*** Opening Record extracts ***

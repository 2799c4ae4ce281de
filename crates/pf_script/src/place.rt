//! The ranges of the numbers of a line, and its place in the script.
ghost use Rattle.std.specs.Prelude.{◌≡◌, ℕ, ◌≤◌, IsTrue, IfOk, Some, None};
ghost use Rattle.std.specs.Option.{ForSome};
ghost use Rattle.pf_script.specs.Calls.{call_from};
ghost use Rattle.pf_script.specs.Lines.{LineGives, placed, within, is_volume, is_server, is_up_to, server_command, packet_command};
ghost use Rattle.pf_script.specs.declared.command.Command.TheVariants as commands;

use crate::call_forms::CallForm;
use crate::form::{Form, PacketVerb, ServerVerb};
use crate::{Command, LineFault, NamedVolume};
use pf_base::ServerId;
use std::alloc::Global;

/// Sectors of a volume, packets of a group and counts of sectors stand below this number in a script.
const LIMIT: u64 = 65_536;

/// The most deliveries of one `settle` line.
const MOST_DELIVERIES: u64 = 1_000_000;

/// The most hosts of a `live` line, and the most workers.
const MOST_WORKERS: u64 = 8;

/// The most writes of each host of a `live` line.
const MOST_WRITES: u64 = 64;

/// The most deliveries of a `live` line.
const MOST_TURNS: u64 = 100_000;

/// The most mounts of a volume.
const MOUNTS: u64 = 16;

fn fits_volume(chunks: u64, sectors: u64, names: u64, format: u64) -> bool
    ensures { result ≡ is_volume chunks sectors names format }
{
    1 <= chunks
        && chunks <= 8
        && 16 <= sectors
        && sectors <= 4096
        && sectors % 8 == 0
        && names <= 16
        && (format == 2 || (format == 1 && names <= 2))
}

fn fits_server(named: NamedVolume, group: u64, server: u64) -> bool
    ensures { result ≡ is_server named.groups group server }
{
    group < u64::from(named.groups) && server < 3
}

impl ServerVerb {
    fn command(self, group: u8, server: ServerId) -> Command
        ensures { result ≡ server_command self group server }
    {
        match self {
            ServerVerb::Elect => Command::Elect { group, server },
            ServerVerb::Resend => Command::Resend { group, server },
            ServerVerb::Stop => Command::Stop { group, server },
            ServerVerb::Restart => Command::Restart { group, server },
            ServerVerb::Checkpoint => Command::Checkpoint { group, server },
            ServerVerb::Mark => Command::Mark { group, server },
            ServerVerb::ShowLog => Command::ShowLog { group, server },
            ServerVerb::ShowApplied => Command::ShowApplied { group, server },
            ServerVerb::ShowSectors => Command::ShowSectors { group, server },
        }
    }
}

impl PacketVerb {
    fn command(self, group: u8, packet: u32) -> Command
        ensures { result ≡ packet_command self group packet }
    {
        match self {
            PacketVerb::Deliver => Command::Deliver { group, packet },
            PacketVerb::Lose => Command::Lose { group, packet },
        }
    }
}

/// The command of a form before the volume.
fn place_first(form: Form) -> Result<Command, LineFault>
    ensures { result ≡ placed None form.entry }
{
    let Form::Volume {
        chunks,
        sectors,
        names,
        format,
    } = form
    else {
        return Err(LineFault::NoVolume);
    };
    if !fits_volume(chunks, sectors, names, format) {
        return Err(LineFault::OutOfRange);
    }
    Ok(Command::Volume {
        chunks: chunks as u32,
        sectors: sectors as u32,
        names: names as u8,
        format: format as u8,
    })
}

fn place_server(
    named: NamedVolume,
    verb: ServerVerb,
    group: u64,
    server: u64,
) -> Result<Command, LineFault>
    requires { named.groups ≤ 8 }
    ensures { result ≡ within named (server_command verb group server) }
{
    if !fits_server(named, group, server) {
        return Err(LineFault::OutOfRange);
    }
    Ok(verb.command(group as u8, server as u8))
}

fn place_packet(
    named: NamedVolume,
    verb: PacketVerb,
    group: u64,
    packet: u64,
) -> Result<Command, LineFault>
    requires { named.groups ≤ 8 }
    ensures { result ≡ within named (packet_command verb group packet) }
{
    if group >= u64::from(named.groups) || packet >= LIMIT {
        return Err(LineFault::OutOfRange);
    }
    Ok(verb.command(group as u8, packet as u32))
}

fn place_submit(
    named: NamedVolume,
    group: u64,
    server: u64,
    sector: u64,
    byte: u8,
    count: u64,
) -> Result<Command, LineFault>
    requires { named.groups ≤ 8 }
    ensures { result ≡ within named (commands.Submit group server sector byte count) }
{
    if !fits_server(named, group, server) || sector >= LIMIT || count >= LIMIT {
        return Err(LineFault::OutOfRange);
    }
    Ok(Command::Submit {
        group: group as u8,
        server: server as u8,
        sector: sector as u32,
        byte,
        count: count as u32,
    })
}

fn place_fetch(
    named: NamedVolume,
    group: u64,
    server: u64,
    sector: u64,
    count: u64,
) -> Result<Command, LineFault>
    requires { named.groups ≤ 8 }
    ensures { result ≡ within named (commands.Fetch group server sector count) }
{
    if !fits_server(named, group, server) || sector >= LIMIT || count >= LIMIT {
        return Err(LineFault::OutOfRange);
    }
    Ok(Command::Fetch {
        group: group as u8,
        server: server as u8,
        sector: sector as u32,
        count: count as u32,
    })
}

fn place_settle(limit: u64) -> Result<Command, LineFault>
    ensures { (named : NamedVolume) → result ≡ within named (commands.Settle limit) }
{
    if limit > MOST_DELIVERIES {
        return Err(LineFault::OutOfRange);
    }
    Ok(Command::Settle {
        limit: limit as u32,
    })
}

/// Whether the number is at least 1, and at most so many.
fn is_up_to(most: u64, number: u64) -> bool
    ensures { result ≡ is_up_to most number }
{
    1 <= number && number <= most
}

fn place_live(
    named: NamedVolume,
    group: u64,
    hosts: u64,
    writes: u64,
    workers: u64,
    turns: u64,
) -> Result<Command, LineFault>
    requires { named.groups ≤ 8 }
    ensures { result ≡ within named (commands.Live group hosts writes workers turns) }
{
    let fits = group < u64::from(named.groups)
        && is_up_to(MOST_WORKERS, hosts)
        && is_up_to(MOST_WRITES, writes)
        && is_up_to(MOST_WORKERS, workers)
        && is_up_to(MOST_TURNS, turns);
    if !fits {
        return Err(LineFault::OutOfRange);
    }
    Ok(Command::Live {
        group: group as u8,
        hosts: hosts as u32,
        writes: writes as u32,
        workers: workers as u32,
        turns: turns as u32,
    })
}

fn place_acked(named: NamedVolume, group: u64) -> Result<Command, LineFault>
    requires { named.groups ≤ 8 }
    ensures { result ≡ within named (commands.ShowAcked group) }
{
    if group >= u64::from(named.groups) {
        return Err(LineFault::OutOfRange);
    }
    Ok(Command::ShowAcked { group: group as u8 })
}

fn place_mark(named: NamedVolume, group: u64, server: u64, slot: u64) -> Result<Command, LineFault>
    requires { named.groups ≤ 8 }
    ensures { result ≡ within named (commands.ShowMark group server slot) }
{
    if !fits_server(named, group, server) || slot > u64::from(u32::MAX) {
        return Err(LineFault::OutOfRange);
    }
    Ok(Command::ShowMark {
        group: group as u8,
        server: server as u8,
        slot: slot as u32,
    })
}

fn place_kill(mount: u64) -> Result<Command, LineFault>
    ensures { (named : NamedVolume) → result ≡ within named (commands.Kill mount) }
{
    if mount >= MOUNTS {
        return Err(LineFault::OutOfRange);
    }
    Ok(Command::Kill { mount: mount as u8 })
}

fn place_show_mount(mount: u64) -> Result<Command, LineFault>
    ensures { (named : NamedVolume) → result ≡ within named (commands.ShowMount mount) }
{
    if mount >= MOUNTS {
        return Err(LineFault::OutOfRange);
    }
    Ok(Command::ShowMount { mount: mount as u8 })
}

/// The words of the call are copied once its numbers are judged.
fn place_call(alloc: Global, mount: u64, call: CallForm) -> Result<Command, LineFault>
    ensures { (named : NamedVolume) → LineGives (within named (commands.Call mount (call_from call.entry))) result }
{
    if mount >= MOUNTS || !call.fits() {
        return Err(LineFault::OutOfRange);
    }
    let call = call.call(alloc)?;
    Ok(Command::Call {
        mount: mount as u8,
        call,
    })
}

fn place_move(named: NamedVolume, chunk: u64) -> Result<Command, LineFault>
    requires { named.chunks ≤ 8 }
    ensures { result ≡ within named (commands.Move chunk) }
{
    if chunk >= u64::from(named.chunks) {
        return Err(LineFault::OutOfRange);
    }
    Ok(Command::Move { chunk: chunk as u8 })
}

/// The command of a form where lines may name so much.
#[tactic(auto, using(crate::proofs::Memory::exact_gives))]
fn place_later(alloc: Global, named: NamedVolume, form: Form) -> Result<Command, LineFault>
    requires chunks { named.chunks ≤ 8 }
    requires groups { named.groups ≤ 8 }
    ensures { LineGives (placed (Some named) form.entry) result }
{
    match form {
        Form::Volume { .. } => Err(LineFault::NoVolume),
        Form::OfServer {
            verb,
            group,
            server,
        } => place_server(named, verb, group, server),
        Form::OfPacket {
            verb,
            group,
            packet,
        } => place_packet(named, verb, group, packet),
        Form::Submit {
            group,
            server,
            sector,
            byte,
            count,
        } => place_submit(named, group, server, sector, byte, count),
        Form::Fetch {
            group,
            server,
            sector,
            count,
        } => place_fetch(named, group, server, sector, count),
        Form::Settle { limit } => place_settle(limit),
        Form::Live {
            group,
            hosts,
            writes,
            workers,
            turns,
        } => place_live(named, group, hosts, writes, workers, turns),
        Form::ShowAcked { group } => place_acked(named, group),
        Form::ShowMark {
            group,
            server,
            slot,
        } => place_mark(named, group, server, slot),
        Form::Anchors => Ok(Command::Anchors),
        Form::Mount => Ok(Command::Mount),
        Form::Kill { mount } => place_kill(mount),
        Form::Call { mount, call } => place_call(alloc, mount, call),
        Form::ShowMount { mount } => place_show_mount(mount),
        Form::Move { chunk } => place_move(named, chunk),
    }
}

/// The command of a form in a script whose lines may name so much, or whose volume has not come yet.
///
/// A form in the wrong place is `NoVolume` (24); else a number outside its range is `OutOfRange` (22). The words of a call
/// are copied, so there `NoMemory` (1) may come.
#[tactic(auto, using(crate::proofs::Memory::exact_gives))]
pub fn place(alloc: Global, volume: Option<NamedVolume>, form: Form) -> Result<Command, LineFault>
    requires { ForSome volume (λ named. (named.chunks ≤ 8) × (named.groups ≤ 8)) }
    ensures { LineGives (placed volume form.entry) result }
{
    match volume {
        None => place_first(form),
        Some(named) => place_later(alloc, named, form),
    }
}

*** Closing Record extracts ***

## What this task involves
Only the lines above starting at the line that holds "use std::alloc::Global;" and ending at the line that holds "const MOST_DELIVERIES: u64 = 1_000_000;" are to be repeated, exactly and in full.

## Exercise solution
use std::alloc::Global;

/// Sectors of a volume, packets of a group and counts of sectors stand below this number in a script.
const LIMIT: u64 = 65_536;

/// The most deliveries of one `settle` line.
const MOST_DELIVERIES: u64 = 1_000_000;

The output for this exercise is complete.